The Federal Emergency Management Agency ("FEMA") has declined to get involved in the drywall crisis because the degradation of imported drywall does not constitute an emergency or major disaster incident. Instead, FEMA has requested the U.S. Consumer Product Safety Commission ("CPSC") and its partner agencies to develop a solution. The CPSC has received nearly 3,300 complaints about defective Chinese drywall. In early 2009, the CPSC launched a formal investigation of whether the Chinese drywall is toxic and to determine the extent of damage to homes. Warnings from government agencies note that the presence of defective drywall cannot be determined by testing a home's air or corrected by chemical sprays or ozone generators. So far, the CPSC has found no link between the drywall and serious health problems.

In May 2009, the U.S. House of Representatives passed an amendment to the Mortgage Reform and Predatory Lending Act that requires the Department of Housing and Urban Development ("HUD") to study the effects of tainted Chinese drywall on foreclosures and the availability of property insurance. On November 23, 2009, the federal government released a report that stated a "strong association" between problematic imported Chinese drywall and corrosion of pipes and wires.

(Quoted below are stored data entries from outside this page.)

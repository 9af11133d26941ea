// What is known of what is read, as laws, which no code needs to call.
ghost use Rattle.install_begin.specs.Laws.{AnswerLaw, TestLaw};

/// The model's answer of an installation or a test is that of what was read, step by step.
pub fn what_is_read_is_answered_as_the_model()
    ensures { AnswerLaw }
{}

/// So its verdict of a test is.
pub fn tests_answer_as_the_model()
    ensures { TestLaw }
{}
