// What an installation begins with.
ghost use Rattle.std.specs.Prelude.{◌≡◌, ◌≤◌, ◌<◌, List, ℕ, Some, option_map, IfOk, IfErr, IsTrue};
ghost use Rattle.disk_trait.specs.Calls.{SameOf};
ghost use Rattle.lilo_model.specs.ConfLawful.{IsLawful};
ghost use Rattle.lilo_model.specs.Devices.{IsDevice};
ghost use Rattle.lilo_model.specs.VolumeSearch.{volume_place};
ghost use Rattle.sector_address.specs.Machine.{OnDisks};
ghost use Rattle.mbr_table.specs.View.{device_view, span_view};
ghost use Rattle.minix_search.specs.View.{HasRoom, located_view};
ghost use Rattle.lilo_conf.specs.View.{config_view};
ghost use Rattle.install_begin.specs.Begin.{begun_at, begun_on, named_by, named_conf, named_in, placed_by};
ghost use Rattle.install_begin.specs.View.{named_view, GivesBegun, GivesLocated, GivesNamed, HasBeginCause};

use crate::fault::BeginFault;
use conf_file::{FileFault, read_conf_file};
use disk_trait::{Disks, Span};
use lilo_conf::{Config, parse};
use mbr_table::{Device, place_of};
use minix_search::{Located, VolumeFault, find_volume};
use std::alloc::Global;

/// What an installation begins with.
#[derive(Drop)]
pub struct Begun {
    /// Where the volume lies.
    pub volume: Span,
    /// The configuration, with the boot device in it.
    pub config: Config,
    /// The boot device.
    pub device: Device,
    /// Where that lies.
    pub boot: Span,
}

/// Reads what an installation begins with: the volume of a part, which is that of the device `root`, where one is
/// given, else the first that is found; the configuration in the file of a path on it; and where its boot device lies,
/// which is the volume's where it names none. The superblock is judged as the file is read.
///
/// # Errors
///
/// In this order: there is no volume, its superblock is refused, the path is, the text is, the boot device isn't found.
/// A disk that failed is reported where it failed, and out of memory where the file or the text is read.
pub fn begin<D: Disks>(
    alloc: Global,
    disks: &mut D,
    root: Option<Device>,
    path: &[u8],
) -> Result<Begun, BeginFault>
    // What is read.
    ensures begun { OnDisks D.Disks disks.old (λ now machine.
        GivesBegun path.now result (begun_at now machine (option_map device_view root) path.now)) }
    ensures room { IfOk result (λ begun. HasRoom (D.size_of disks.old begun.volume.disk) begun.volume) }
    ensures boot { IfOk result (λ begun. begun.boot.start < D.size_of disks.old begun.boot.disk) }
    ensures device { IfOk result (λ begun. begun.config.boot ≡ Some begun.device) }
    ensures lawful { IfOk result (λ begun. IsLawful (config_view begun.config)) }

    // When it is refused.
    ensures cause { IfErr result (HasBeginCause (D.faults disks.old) (D.faults disks.new)) }
    ensures later { D.faults disks.old ≤ D.faults disks.new }

    // Nothing else happens.
    ensures same { SameOf D.Disks disks.old disks.new }
{
    match find_place(disks, root) {
        Ok(place) => begin_on(alloc, disks, root, path, place),
        Err(fault) => Err(fault),
    }
}

// Where the volume lies.
fn find_place<D: Disks>(disks: &mut D, root: Option<Device>) -> Result<Located, BeginFault>
    ensures place { (path : List ℕ) → OnDisks D.Disks disks.old (λ now machine.
        GivesLocated path result (volume_place now machine (option_map device_view root))) }
    ensures room { IfOk result (λ place. HasRoom (D.size_of disks.old place.span.disk) place.span) }
    ensures cause { IfErr result (HasBeginCause (D.faults disks.old) (D.faults disks.new)) }
    ensures later { D.faults disks.old ≤ D.faults disks.new }
    ensures same { SameOf D.Disks disks.old disks.new }
{
    match find_volume(disks, root) {
        Ok(place) => Ok(place),
        Err(VolumeFault::NoVolume) => Err(BeginFault::File(FileFault::NoVolume)),
        Err(VolumeFault::Place(fault)) => Err(BeginFault::File(FileFault::Place(fault))),
    }
}

// The same, where the volume lies here.
fn begin_on<D: Disks>(
    alloc: Global,
    disks: &mut D,
    root: Option<Device>,
    path: &[u8],
    place: Located,
) -> Result<Begun, BeginFault>
    requires { HasRoom (D.size_of disks.old place.span.disk) place.span }
    ensures begun { OnDisks D.Disks disks.old (λ now machine. GivesBegun path.now result
        (begun_on now machine (option_map device_view root) path.now (located_view place))) }
    ensures room { IfOk result (λ begun. HasRoom (D.size_of disks.old begun.volume.disk) begun.volume) }
    ensures boot { IfOk result (λ begun. begun.boot.start < D.size_of disks.old begun.boot.disk) }
    ensures device { IfOk result (λ begun. begun.config.boot ≡ Some begun.device) }
    ensures lawful { IfOk result (λ begun. IsLawful (config_view begun.config)) }
    ensures cause { IfErr result (HasBeginCause (D.faults disks.old) (D.faults disks.new)) }
    ensures later { D.faults disks.old ≤ D.faults disks.new }
    ensures same { SameOf D.Disks disks.old disks.new }
{
    match read_named(alloc, disks, root, path) {
        Ok((config, device)) => place_boot(disks, place.span, config, device),
        Err(fault) => Err(fault),
    }
}

// The same by a configuration with its boot device.
fn place_boot<D: Disks>(
    disks: &mut D,
    volume: Span,
    config: Config,
    device: Device,
) -> Result<Begun, BeginFault>
    requires room { HasRoom (D.size_of disks.old volume.disk) volume }
    requires device { config.boot ≡ Some device }
    requires lawful { IsLawful (config_view config) }
    ensures begun { (path : List ℕ) → OnDisks D.Disks disks.old (λ now machine.
        GivesBegun path result (placed_by now machine (span_view volume) (named_view config device))) }
    ensures room { IfOk result (λ begun. HasRoom (D.size_of disks.old begun.volume.disk) begun.volume) }
    ensures boot { IfOk result (λ begun. begun.boot.start < D.size_of disks.old begun.boot.disk) }
    ensures device { IfOk result (λ begun. begun.config.boot ≡ Some begun.device) }
    ensures lawful { IfOk result (λ begun. IsLawful (config_view begun.config)) }
    ensures cause { IfErr result (HasBeginCause (D.faults disks.old) (D.faults disks.new)) }
    ensures later { D.faults disks.old ≤ D.faults disks.new }
    ensures same { SameOf D.Disks disks.old disks.new }
{
    match place_of(disks, device) {
        Ok(boot) => Ok(Begun {
            volume,
            config,
            device,
            boot,
        }),
        Err(fault) => Err(BeginFault::File(FileFault::Place(fault))),
    }
}

// The configuration of a part, with its boot device.
fn read_named<D: Disks>(
    alloc: Global,
    disks: &mut D,
    root: Option<Device>,
    path: &[u8],
) -> Result<(Config, Device), BeginFault>
    ensures named { OnDisks D.Disks disks.old (λ now machine.
        GivesNamed path.now result (named_conf now machine (option_map device_view root) path.now)) }
    ensures device { IfOk result (λ named. named.0.boot ≡ Some named.1) }
    ensures lawful { IfOk result (λ named. IsLawful (config_view named.0)) }
    ensures cause { IfErr result (HasBeginCause (D.faults disks.old) (D.faults disks.new)) }
    ensures later { D.faults disks.old ≤ D.faults disks.new }
    ensures same { SameOf D.Disks disks.old disks.new }
{
    match read_conf_file(alloc, disks, root, path) {
        Ok(file) => named_text(alloc, file.text.bytes(), file.device),
        Err(fault) => Err(BeginFault::File(fault)),
    }
}

// The configuration of a text, with its boot device.
fn named_text(alloc: Global, text: &[u8], device: Device) -> Result<(Config, Device), BeginFault>
    ensures named { (path : List ℕ) → GivesNamed path result (named_in text.now (device_view device)) }
    ensures device { IfOk result (λ named. named.0.boot ≡ Some named.1) }
    ensures lawful { IfOk result (λ named. IsLawful (config_view named.0)) }
    ensures cause { (before now : ℕ) → IfErr result (HasBeginCause before now) }
{
    match parse(alloc, text) {
        Ok(config) => named_by(config, device),
        Err(fault) => Err(BeginFault::Text(fault)),
    }
}

// A configuration, with the volume's device in it where it names none to boot. Each device that is named or searched
// has a name; one without would be reported as memory that didn't suffice.
fn named_by(config: Config, device: Device) -> Result<(Config, Device), BeginFault>
    requires { IsLawful (config_view config) }
    ensures named { IfOk result (λ named. named_view named.0 named.1
        ≡ named_by (config_view config) (device_view device)) }
    ensures device { IfOk result (λ named. named.0.boot ≡ Some named.1) }
    ensures lawful { IfOk result (λ named. IsLawful (config_view named.0)) }
    ensures memory { IfErr result (λ fault. fault ≡ BeginFault.File FileFault.Memory) }
{
    let boot = config.boot.unwrap_or(device);
    if !has_name(boot) {
        return Err(BeginFault::File(FileFault::Memory));
    }
    let mut config = config;
    config.boot = Some(boot);
    Ok((config, boot))
}

// Whether a device has a name.
#[tactic(auto, unfolding(lilo_model::specs::Devices::last_partition))]
fn has_name(device: Device) -> bool
    ensures { IsTrue result → IsDevice (device_view device) }
{
    device.disk <= 3 && device.partition <= if device.disk <= 1 { 63 } else { 15 }
}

Legal battles are currently being waged to determine the nature of repairs necessary to remediate the defective drywall and the liability of those involved in manufacturing, distributing and installing the drywall. In America's first jury trial, a Florida couple was awarded $2.4 million in damages for defective wallboard that included damages for loss of enjoyment of their new $1.6 million dream house. New home sellers, American businesses that distribute Chinese drywall, contractors and real estate agents may consider whether they need to disclose the presence of Chinese drywall in the products they sell. Chinese drywall manufacturers may be out of harm's way because plaintiffs would have to serve the Chinese company via the Hague Convention, then establish that the Chinese company had sufficient minimum contacts with the forum state to support a court's personal jurisdiction over the foreign company. Meanwhile, plaintiffs' lawyers say they are considering action against U.S. investment bankers who financed the Chinese companies. However, a determination and allocation of liability and damages will not occur overnight. It could take years before the legal system resolves the myriad scientific, legal and health issues raised by the allegedly toxic Chinese drywall.